So if you are thinking about safety and Fukushima and Chernobyl, forget it: it does not happen every day. Concerned about nuclear waste? Remember Koko? Where were you when waste from other lands was offloaded in our Niger Delta some decades back? Concerned about the high cost of construction? Or terrorist attacks? Look, we are in worse situations than that. We need light. We should hold at any straw. Nuclear energy does seem a strong one at present.
Yes, nuclear plants do cost a bit to build, and they take ages to come on stream. But the only reason why nuclear power plants cost so much is because, in the capitalist West, expensive and sometimes unsustainable loans are taken with prohibitive interest rates to build them. To prove this, www.21stcenturysciencetech.com says “nuclear power plants that should have cost between $500 million and $1 billion had their final costs escalate several times up due to [these] reasons…”
A simple, modern nuclear power plant could be planned and constructed in four years or less (42 months for some).
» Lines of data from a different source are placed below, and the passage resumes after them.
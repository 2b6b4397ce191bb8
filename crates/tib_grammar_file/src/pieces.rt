// Writes the pieces of a printed file: bytes, labels in quotes, numbers, weights, and what ends a
// line.
ghost use Rattle.std.specs.Prelude.{◌<◌, ◌++◌, ℕ, [], ◌∷◌, length, decimal, true};
ghost use Rattle.std.proofs.Common.{get_or};
ghost use Rattle.tib_lex.specs.Grammar.{escape, label, spelling};
ghost use Rattle.tib_io.specs.Wrote.{Wrote};
ghost use Rattle.tib_grammar_file.specs.TreeText.{space, opening, closing};
ghost use Rattle.tib_grammar_file.specs.Printed.{weight_text, cost_text};

use itoa::Buffer;
use tib_cost::{Cost, Scale};
use tib_grammar::Names;
use tib_io::{Failed, Sink, write_whole};

/// Appends some bytes. If the sink fails, a front of them was appended. Worst case: O(n) steps for
/// n bytes.
pub fn put<W: Sink>(out: &mut W, piece: &[u8]) -> Result<(), Failed>
    ensures { Wrote (W.seen out.old) (W.seen out.new) piece.now result }
{
    write_whole(out, piece)
}

// Appends a byte as it is in quotes.
fn put_byte<W: Sink>(out: &mut W, byte: u8) -> Result<(), Failed>
    ensures { Wrote (W.seen out.old) (W.seen out.new) (escape (byte ∷ [])) result }
{
    if byte == b'"' || byte == b'\\' {
        put(out, &[b'\\', byte])
    } else {
        put(out, &[byte])
    }
}

fn put_escaped<W: Sink>(out: &mut W, text: &[u8]) -> Result<(), Failed>
    ensures { Wrote (W.seen out.old) (W.seen out.new) (escape text.now) result }
{
    for byte in text {
        match put_byte(out, *byte) {
            Ok(()) => {}
            Err(Failed) => return Err(Failed),
        }
    }
    Ok(())
}

// Appends the bytes of a label and the quote after it.
fn close_quote<W: Sink>(out: &mut W, text: &[u8]) -> Result<(), Failed>
    ensures { Wrote (W.seen out.old) (W.seen out.new) (escape text.now ++ 34 ∷ []) result }
{
    match put_escaped(out, text) {
        Ok(()) => put(out, b"\""),
        Err(Failed) => Err(Failed),
    }
}

/// Appends a text in quotes, with a backslash before each quote and backslash in it. If the sink
/// fails, a front of this was appended. Worst case: O(n) steps for n bytes.
pub fn put_quoted<W: Sink>(out: &mut W, text: &[u8]) -> Result<(), Failed>
    ensures { Wrote (W.seen out.old) (W.seen out.new) (spelling (label text.now)) result }
{
    match put(out, b"\"") {
        Ok(()) => close_quote(out, text),
        Err(Failed) => Err(Failed),
    }
}

/// Appends a space before each of some trees but the first: the tree has this index. If the sink
/// fails, nothing was appended. Worst case: O(1) steps.
pub fn put_space<W: Sink>(out: &mut W, k: u32) -> Result<(), Failed>
    ensures { Wrote (W.seen out.old) (W.seen out.new) (space k) result }
{
    if k == 0 {
        put(out, b"")
    } else {
        put(out, b" ")
    }
}

/// Appends what opens the children of a node of this rank: a parenthesis if it has some, else
/// nothing. If the sink fails, nothing was appended. Worst case: O(1) steps.
pub fn put_opening<W: Sink>(out: &mut W, rank: u32) -> Result<(), Failed>
    ensures { Wrote (W.seen out.old) (W.seen out.new) (opening rank) result }
{
    if rank == 0 {
        put(out, b"")
    } else {
        put(out, b"(")
    }
}

/// Appends what closes the children of a node of this rank: a parenthesis if it has some, else
/// nothing. If the sink fails, nothing was appended. Worst case: O(1) steps.
pub fn put_closing<W: Sink>(out: &mut W, rank: u32) -> Result<(), Failed>
    ensures { Wrote (W.seen out.old) (W.seen out.new) (closing rank) result }
{
    if rank == 0 {
        put(out, b"")
    } else {
        put(out, b")")
    }
}

/// Appends a number in decimal. If the sink fails, a front of its digits was appended. Worst case:
/// O(1) steps.
pub fn put_number<W: Sink>(out: &mut W, number: u64) -> Result<(), Failed>
    ensures { Wrote (W.seen out.old) (W.seen out.new) (decimal number) result }
{
    let mut digits = Buffer::new();
    put(out, digits.format(number).as_bytes())
}

fn put_weight<W: Sink>(out: &mut W, cost: Cost) -> Result<(), Failed>
    ensures { Wrote (W.seen out.old) (W.seen out.new) (weight_text true cost) result }
{
    match put(out, b" # ") {
        Ok(()) => put_number(out, cost.get()),
        Err(Failed) => Err(Failed),
    }
}

fn put_cost<W: Sink>(out: &mut W, scale: Scale, cost: Cost) -> Result<(), Failed>
    ensures { Wrote (W.seen out.old) (W.seen out.new) (cost_text scale cost) result }
{
    if scale.is_weighted() {
        put_weight(out, scale.weight(cost))
    } else {
        put(out, b"")
    }
}

/// Appends the end of a rule's line: where weights are kept, ` # ` and the weight of the rule's
/// cost, and a line feed. If the sink fails, a front of this was appended. Worst case: O(1) steps.
pub fn put_end<W: Sink>(out: &mut W, scale: Scale, cost: Cost) -> Result<(), Failed>
    ensures { Wrote (W.seen out.old) (W.seen out.new) (cost_text scale cost ++ 10 ∷ []) result }
{
    match put_cost(out, scale, cost) {
        Ok(()) => put(out, b"\n"),
        Err(Failed) => Err(Failed),
    }
}

// Appends the line of the start.
pub(crate) fn put_start<W: Sink>(out: &mut W, names: &Names) -> Result<(), Failed>
    requires { 0 < length names.now }
    ensures { Wrote (W.seen out.old) (W.seen out.new) (get_or names.now 0 [] ++ 10 ∷ []) result }
{
    match put(out, names.text(0)) {
        Ok(()) => put(out, b"\n"),
        Err(Failed) => Err(Failed),
    }
}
A simple plant, which may provide upwards of 1,000 MW, may be built for less than $1 billion. Therefore, with $10 billion (a quarter of our current foreign reserves), we could have 10 reactors providing 10,000 MW by 2018, if we start now.
Now comes the question of management. Since we didn’t even use to trust local coaches with our Super Eagles, we should never trust any local engineer with our nuclear power plants. We should just go ahead and employ foreign managers, and include Nigerians in the Diaspora savvy in nuclear and particle physics and other such high sounding esoteric sciences to come and man them.
And for where to situate the reactors? If we plan to build ten reactors of 1,000 MW each, each geopolitical zone should have one, and the remaining four situated around the Federal Capital Territory. That way, should there be any problem, it will have a Federal Character.